Австралийская трагедия ставит вопросы, на которые у нас нет готовых ответов. Что значит быть ответственным за жизнь, которую не можешь спасти? Что значит принимать решение о смерти тех, кого обрек на гибель? Как возможна этика в условиях, когда милосердие и убийство становятся неразличимы?
Эти вопросы выводят нас за пределы классической антропоцентрической этики. Мы больше не можем мыслить человека как «венца творения» или «хранителя природы». Мы — фактор, определяющий условия существования миллионов других видов, и фактор этот действует часто слепо и разрушительно.
Постгуманистическая мысль, развиваемая такими авторами, как Донна Харауэй и Рози Брайдотти, предлагает переосмыслить отношения человека и природы в категориях взаимной зависимости и совместного становления (Haraway, 2016; Braidotti, 2013).

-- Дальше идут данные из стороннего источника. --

// The functions of crates/pane_parse that C and Rust link: each calls the library's of the same name, and has its clauses. Written by tools/exports.
#![tactic(auto)]

ghost use Rattle.std.specs.Prelude.{◌≡◌};
ghost use Rattle.record_parse.specs.Record.{parse_of};
ghost use Rattle.section_read.specs.Readers.{read_of};
ghost use Rattle.pane_state.specs.Entries.{entry_at};
ghost use Rattle.pane_parse.specs.Out.{record_at, out_read};

// An entry of the two streams, by the reader of the one that its index names.
#[unsafe(no_mangle)]
pub extern "C" fn pdb_parse(
    tpi: &[u8],
    ipi: &[u8],
    ids: u32,
    item: u32,
    index: u32,
    place: usize,
    length: usize,
    out: &mut [u64; 16],
) -> u32
    ensures { (result, out.new) ≡ out_read index (parse_of tpi.now ipi.now (entry_at ids item index place length)) }
{
    pane_parse::pdb_parse(tpi, ipi, ids, item, index, place, length, out)
}

// A record of a section by its index, place and length, as pdb_next and pdb_find give them.
#[unsafe(no_mangle)]
pub extern "C" fn pdb_section_read(
    s: &[u8],
    index: u32,
    place: usize,
    length: usize,
    out: &mut [u64; 16],
) -> u32
    ensures { (result, out.new) ≡ out_read index (read_of s.now (record_at index place length)) }
{
    pane_parse::pdb_section_read(s, index, place, length, out)
}
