// What an answer adds to the checksum: its numbers, each once. compare/driver/speed_data.rs has the same sums for the crate's answers, so
// what only one of the two gives is left out: the shape of a table of virtual functions, the attributes of a nested type.
use field::index::{IdIndex, TypeIndex};
use field_number::{Number, Variant};
use field_text::RawString;
use record_data::{
    ArrayType, BitfieldType, ClassKind, ClassType, EnumerationType, MemberFunctionType,
    ModifierType, PointerType, ProcedureType, UnionType,
};
use record_id::{
    FunctionId, MemberFunctionId, StringId, UserDefinedTypeSourceFileRef, UserDefinedTypeSourceId,
};
use record_list::Element;
use record_member::{Member, MethodListEntry, MethodType, VirtualBaseClassType};
use stream_header::{Header, Slice};
use stream_item::Item;
use stream_report::Totals;
use word_attributes::FieldAttributes;
use word_primitive::{Indirection, PrimitiveKind, PrimitiveType};

// The sum of two numbers, from the start again past the largest.
pub fn add(a: u64, b: u64) -> u64 {
    a.wrapping_add(b)
}

pub fn wide(x: u32) -> u64 {
    x as u64
}

fn wide16(x: u16) -> u64 {
    x as u64
}

pub fn wide8(x: u8) -> u64 {
    x as u64
}

pub fn place(x: usize) -> u64 {
    x as u64
}

fn name(s: RawString) -> u64 {
    add(place(s.place), place(s.length))
}

fn opt_name(o: Option<RawString>) -> u64 {
    match o {
        None => 0,
        Some(s) => name(s),
    }
}

fn opt_type(o: Option<TypeIndex>) -> u64 {
    match o {
        None => 0,
        Some(i) => wide(i.0),
    }
}

fn opt_id(o: Option<IdIndex>) -> u64 {
    match o {
        None => 0,
        Some(i) => wide(i.0),
    }
}

fn opt_offset(o: Option<u32>) -> u64 {
    match o {
        None => 0,
        Some(x) => wide(x),
    }
}

// -1 - n in two's complement is all ones less n.
fn number(v: Variant) -> u64 {
    let n = v.value;
    match n {
        Number::Natural(x) => x,
        Number::Negative(x) => 18446744073709551615 - x,
    }
}

// 1 for a negative offset.
fn sign(x: i32) -> u64 {
    if x < 0 {
        return 1;
    }
    0
}

fn slice(s: Slice) -> u64 {
    add(sign(s.offset), wide(s.size))
}

pub fn header(h: Header) -> u64 {
    let a = add(wide(h.version), wide(h.header_size));
    let b = add(wide(h.minimum_index), wide(h.maximum_index));
    let c = add(wide(h.gprec_size), wide16(h.tpi_hash_stream));
    let d = add(wide16(h.tpi_hash_pad_stream), wide(h.hash_key_size));
    let values = h.hash_values;
    let offsets = h.ti_off;
    let adjusters = h.hash_adj;
    let e = add(wide(h.hash_bucket_size), slice(values));
    let f = add(slice(offsets), slice(adjusters));
    add(add(add(a, b), add(c, d)), add(e, f))
}

pub fn index(i: Item) -> u64 {
    let named = i.index;
    wide(named.number())
}

// The place behind an item.
pub fn end(i: Item) -> u64 {
    add(place(i.place), place(i.length))
}

pub fn item(i: Item) -> u64 {
    add(index(i), end(i))
}

fn kind(k: ClassKind) -> u64 {
    match k {
        ClassKind::Class => 0,
        ClassKind::Struct => 1,
        ClassKind::Interface => 2,
        ClassKind::Struct19 => 1,
    }
}

pub fn class(c: ClassType) -> u64 {
    let which = c.kind;
    let properties = c.properties;
    let fields = c.fields;
    let derived = c.derived_from;
    let shape = c.vtable_shape;
    let size = c.size;
    let first = c.name;
    let second = c.unique_name;
    let a = add(add(kind(which), wide16(c.count)), wide16(properties.0));
    let b = add(add(opt_type(fields), opt_type(derived)), opt_type(shape));
    add(
        add(a, b),
        add(size.value, add(name(first), opt_name(second))),
    )
}

pub fn member_function(f: MemberFunctionType) -> u64 {
    let returned = f.return_type;
    let owner = f.class_type;
    let this = f.this_pointer_type;
    let attributes = f.attributes;
    let arguments = f.argument_list;
    let a = add(add(wide(returned.0), wide(owner.0)), opt_type(this));
    let b = add(wide16(attributes.0), wide16(f.parameter_count));
    add(add(a, b), add(wide(arguments.0), wide(f.this_adjustment)))
}

pub fn procedure(f: ProcedureType) -> u64 {
    let returned = f.return_type;
    let attributes = f.attributes;
    let arguments = f.argument_list;
    add(
        add(opt_type(returned), wide16(attributes.0)),
        add(wide16(f.parameter_count), wide(arguments.0)),
    )
}

pub fn pointer(p: PointerType) -> u64 {
    let to = p.underlying_type;
    let attributes = p.attributes;
    let class = p.containing_class;
    add(add(wide(to.0), wide(attributes.0)), opt_type(class))
}

pub fn enumeration(e: EnumerationType) -> u64 {
    let properties = e.properties;
    let underlying = e.underlying_type;
    let fields = e.fields;
    let first = e.name;
    let second = e.unique_name;
    let a = add(wide16(e.count), wide16(properties.0));
    let b = add(wide(underlying.0), wide(fields.0));
    add(add(a, b), add(name(first), opt_name(second)))
}

// The crate reads an array's name as further sizes: the length of the name, which compilers leave empty, is all that is added.
pub fn array(a: ArrayType) -> u64 {
    let element = a.element_type;
    let indexing = a.indexing_type;
    let size = a.size;
    let named = a.name;
    add(
        add(wide(element.0), wide(indexing.0)),
        add(size.value, place(named.length)),
    )
}

pub fn union_type(u: UnionType) -> u64 {
    let properties = u.properties;
    let fields = u.fields;
    let size = u.size;
    let first = u.name;
    let second = u.unique_name;
    let a = add(add(wide16(u.count), wide16(properties.0)), wide(fields.0));
    add(add(a, size.value), add(name(first), opt_name(second)))
}

pub fn modifier(m: ModifierType) -> u64 {
    let to = m.underlying_type;
    let flags = m.flags;
    add(wide(to.0), wide16(flags.0 % 8))
}

pub fn bitfield(b: BitfieldType) -> u64 {
    let of = b.underlying_type;
    add(wide(of.0), add(wide8(b.length), wide8(b.position)))
}

pub fn source(u: UserDefinedTypeSourceId) -> u64 {
    let of = u.udt;
    let file = u.source_file;
    let a = add(wide(of.0), wide(u.line));
    match file {
        UserDefinedTypeSourceFileRef::Local(i) => add(a, wide(i.0)),
        UserDefinedTypeSourceFileRef::Remote(module, r) => add(a, add(wide16(module), wide(r.0))),
    }
}

pub fn function(f: FunctionId) -> u64 {
    let scope = f.scope;
    let of = f.function_type;
    let named = f.name;
    add(add(opt_id(scope), wide(of.0)), name(named))
}

pub fn member_function_id(f: MemberFunctionId) -> u64 {
    let parent = f.parent;
    let of = f.function_type;
    let named = f.name;
    add(add(wide(parent.0), wide(of.0)), name(named))
}

pub fn string(s: StringId) -> u64 {
    let parts = s.substrings;
    let named = s.name;
    add(opt_id(parts), name(named))
}

fn virtual_base(b: VirtualBaseClassType) -> u64 {
    let attributes = b.attributes;
    let base = b.base_class;
    let pointer = b.base_pointer;
    let first = b.base_pointer_offset;
    let second = b.virtual_base_offset;
    let a = add(wide16(attributes.0), add(wide(base.0), wide(pointer.0)));
    add(a, add(first.value, second.value))
}

fn attributed(a: FieldAttributes) -> u64 {
    wide16(a.0)
}

fn method(m: MethodType) -> u64 {
    let attributes = m.attributes;
    let of = m.method_type;
    let offset = m.vtable_offset;
    let named = m.name;
    add(
        add(attributed(attributes), wide(of.0)),
        add(opt_offset(offset), name(named)),
    )
}

fn entry(m: MethodListEntry) -> u64 {
    let attributes = m.attributes;
    let of = m.method_type;
    let offset = m.vtable_offset;
    add(add(attributed(attributes), wide(of.0)), opt_offset(offset))
}

fn member(m: Member) -> u64 {
    match m {
        Member::BaseClass(b) => {
            let attributes = b.attributes;
            let base = b.base_class;
            let offset = b.offset;
            add(add(attributed(attributes), wide(base.0)), offset.value)
        }
        Member::VirtualBaseClass(b) => virtual_base(b),
        Member::Continuation(i) => wide(i.0),
        Member::VirtualFunctionTablePointer(p) => {
            let table = p.table;
            wide(table.0)
        }
        Member::Enumerate(e) => {
            let attributes = e.attributes;
            let value = e.value;
            let named = e.name;
            add(add(attributed(attributes), number(value)), name(named))
        }
        Member::Member(d) => {
            let attributes = d.attributes;
            let of = d.field_type;
            let offset = d.offset;
            let named = d.name;
            add(
                add(attributed(attributes), wide(of.0)),
                add(offset.value, name(named)),
            )
        }
        Member::StaticMember(d) => {
            let attributes = d.attributes;
            let of = d.field_type;
            let named = d.name;
            add(add(attributed(attributes), wide(of.0)), name(named))
        }
        Member::OverloadedMethod(o) => {
            let list = o.method_list;
            let named = o.name;
            add(add(wide16(o.count), wide(list.0)), name(named))
        }
        Member::Nested(n) => {
            let of = n.nested_type;
            let named = n.name;
            add(wide(of.0), name(named))
        }
        Member::Method(o) => method(o),
    }
}

pub fn element(e: Element) -> u64 {
    match e {
        Element::Type(t) => wide(t.0),
        Element::Id(i) => wide(i.0),
        Element::Method(m) => entry(m),
        Element::Member(m) => member(m),
    }
}

pub fn totals(t: Totals) -> u64 {
    let l = t.largest;
    let a = add(add(t.taken, t.refused), add(t.headers, t.records));
    let b = add(add(t.bytes, l.length), add(l.stream, wide(l.index)));
    add(a, add(b, t.rows))
}

pub fn primitive(p: PrimitiveType) -> u64 {
    let kind = p.kind;
    let indirection = p.indirection;
    add(kind_number(kind), indirection_number(indirection))
}

// The kinds in the order in which the crate has them.
fn kind_number(k: PrimitiveKind) -> u64 {
    match k {
        PrimitiveKind::NoType => 0,
        PrimitiveKind::Void => 1,
        PrimitiveKind::Char => 2,
        PrimitiveKind::UChar => 3,
        PrimitiveKind::RChar => 4,
        PrimitiveKind::WChar => 5,
        PrimitiveKind::RChar16 => 6,
        PrimitiveKind::RChar32 => 7,
        PrimitiveKind::I8 => 8,
        PrimitiveKind::U8 => 9,
        PrimitiveKind::Short => 10,
        PrimitiveKind::UShort => 11,
        PrimitiveKind::I16 => 12,
        PrimitiveKind::U16 => 13,
        PrimitiveKind::Long => 14,
        PrimitiveKind::ULong => 15,
        PrimitiveKind::I32 => 16,
        PrimitiveKind::U32 => 17,
        PrimitiveKind::Quad => 18,
        PrimitiveKind::UQuad => 19,
        PrimitiveKind::I64 => 20,
        PrimitiveKind::U64 => 21,
        PrimitiveKind::Octa => 22,
        PrimitiveKind::UOcta => 23,
        PrimitiveKind::I128 => 24,
        PrimitiveKind::U128 => 25,
        PrimitiveKind::F16 => 26,
        PrimitiveKind::F32 => 27,
        PrimitiveKind::F32PP => 28,
        PrimitiveKind::F48 => 29,
        PrimitiveKind::F64 => 30,
        PrimitiveKind::F80 => 31,
        PrimitiveKind::F128 => 32,
        PrimitiveKind::Complex32 => 33,
        PrimitiveKind::Complex64 => 34,
        PrimitiveKind::Complex80 => 35,
        PrimitiveKind::Complex128 => 36,
        PrimitiveKind::Bool8 => 37,
        PrimitiveKind::Bool16 => 38,
        PrimitiveKind::Bool32 => 39,
        PrimitiveKind::Bool64 => 40,
        PrimitiveKind::HRESULT => 41,
    }
}

fn indirection_number(i: Indirection) -> u64 {
    match i {
        Indirection::Direct => 0,
        Indirection::Near16 => 1,
        Indirection::Far16 => 2,
        Indirection::Huge16 => 3,
        Indirection::Near32 => 4,
        Indirection::Far32 => 5,
        Indirection::Near64 => 6,
        Indirection::Near128 => 7,
    }
}
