// The functions of crates/pane that C and Rust link: each calls the library's of the same name, and has its clauses. Written by tools/exports.
#![tactic(auto)]

ghost use Rattle.std.specs.Prelude.{◌≡◌};
ghost use Rattle.stream_header.specs.Header.{header_of};
ghost use Rattle.stream_item.specs.Iterator.{next_of};
ghost use Rattle.stream_finder.specs.Finder.{update_of, find_of};
ghost use Rattle.word_primitive.specs.Primitive.{primitive_of};
ghost use Rattle.pane_state.specs.Given.{cursor_at, finder_at};
ghost use Rattle.pane.specs.Out.{type_at, out_header, out_next, out_update, out_find, out_primitive};

// The header of a stream.
#[unsafe(no_mangle)]
pub extern "C" fn pdb_header(s: &[u8], out: &mut [u64; 18]) -> u32
    ensures { (result, out.new) ≡ out_header (header_of s.now) }
{
    pane::pdb_header(s, out)
}

// The record at a cursor.
#[unsafe(no_mangle)]
pub extern "C" fn pdb_next(s: &[u8], at: usize, index: u32, out: &mut [u64; 8]) -> u32
    ensures { (result, out.new) ≡ out_next (next_of s.now (cursor_at at index)) }
{
    pane::pdb_next(s, at, index, out)
}

// The finder after an iterator came to a record.
#[unsafe(no_mangle)]
pub extern "C" fn pdb_update(
    table: &mut [u32],
    minimum: u32,
    maximum: u32,
    held: usize,
    shift: u32,
    at: usize,
    index: u32,
    out: &mut [u64; 3],
) -> u32
    ensures { (result, out.new, table.new) ≡ out_update table.old (update_of (finder_at minimum maximum held shift table.old) (cursor_at at index)) }
{
    pane::pdb_update(table, minimum, maximum, held, shift, at, index, out)
}

// The record of an index.
#[unsafe(no_mangle)]
pub extern "C" fn pdb_find(
    s: &[u8],
    table: &[u32],
    minimum: u32,
    maximum: u32,
    held: usize,
    shift: u32,
    index: u32,
    out: &mut [u64; 6],
) -> u32
    ensures { (result, out.new) ≡ out_find (find_of s.now (finder_at minimum maximum held shift table.now) (type_at index)) }
{
    pane::pdb_find(s, table, minimum, maximum, held, shift, index, out)
}

// The primitive type of an index.
#[unsafe(no_mangle)]
pub extern "C" fn pdb_primitive(index: u32, out: &mut [u64; 4]) -> u32
    ensures { (result, out.new) ≡ out_primitive index (primitive_of index) }
{
    pane::pdb_primitive(index, out)
}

Мы не над природой и не вне природы — мы внутри сложных экологических сетей, где каждое действие имеет последствия, которые невозможно полностью предвидеть и контролировать.
Австралийские пожары показывают, что эта взаимозависимость может принимать трагические формы. Наше действие (или бездействие) создает условия, в которых другие виды обречены на гибель. И единственное, что мы можем им предложить, — смерть, лишенную страданий.
Это не оправдание и не утешение. Это диагноз: мы вступили в эпоху, когда традиционные категории этики — добро, зло, справедливость, милосердие — работают со сбоями. Они были созданы для мира, где человек был главным действующим лицом, а природа — фоном. Сегодня природа перестала быть фоном и стала соучастником и жертвой в одно и то же время.
Австралийская трагедия обнажает структуру, которая в классической этике обычно остается в тени: конфликт между жизнью и смертью не как метафизическая оппозиция, а как практическая дилемма принятия решений.
В этом конфликте всегда есть напряжение. Напряжение между индивидуальным страданием и популяционными перспективами. Напряжение между милосердием как состраданием и милосердием как убийством.
Это напряжение неустранимо. Оно не может быть «снято» окончательным решением — ни тотальной защитой любой жизни (что привело бы к еще большим страданиям), ни циничным принятием смерти как нормы (что означало бы отказ от самой идеи этики).
Оно может быть только удержано — в режиме постоянного пересмотра границ, постоянного принятия ответственных решений, постоянного осознания трагичности любого выбора.
Десять тысяч коал, убитых из милосердия, — напоминание о том, что ставки в этом конфликте выше, чем мы привыкли думать. Речь идет не просто о моральных принципах или экологической политике. Речь о самой возможности этики в мире, где человек стал главной силой, определяющей жизнь и смерть других видов. И где единственный ответ на вопрос «что мы должны делать?» часто оказывается: «Мы не знаем, но мы должны решать».
Возможно, трагедия коал указывает не на кризис гуманности, а на более глубокий сдвиг. Мы больше не находимся в пространстве моральных решений. Мы находимся в пространстве технического администрирования жизни. Решение об эвтаназии — не «добро» и не «зло». Это операция распределения ресурсов, регулирование популяции, корректировка биологического поля.
И в этом смысле современная власть действует не как судья и не как палач, а как оператор среды. Мы больше не выбираем между жизнью и смертью. Мы управляем плотностями существования. Именно здесь, возможно, возникает необходимость иной онтологии — такой, где жизнь понимается не как священная сущность, а как хрупкий отпечаток в более глубокой среде, всегда подверженный стиранию.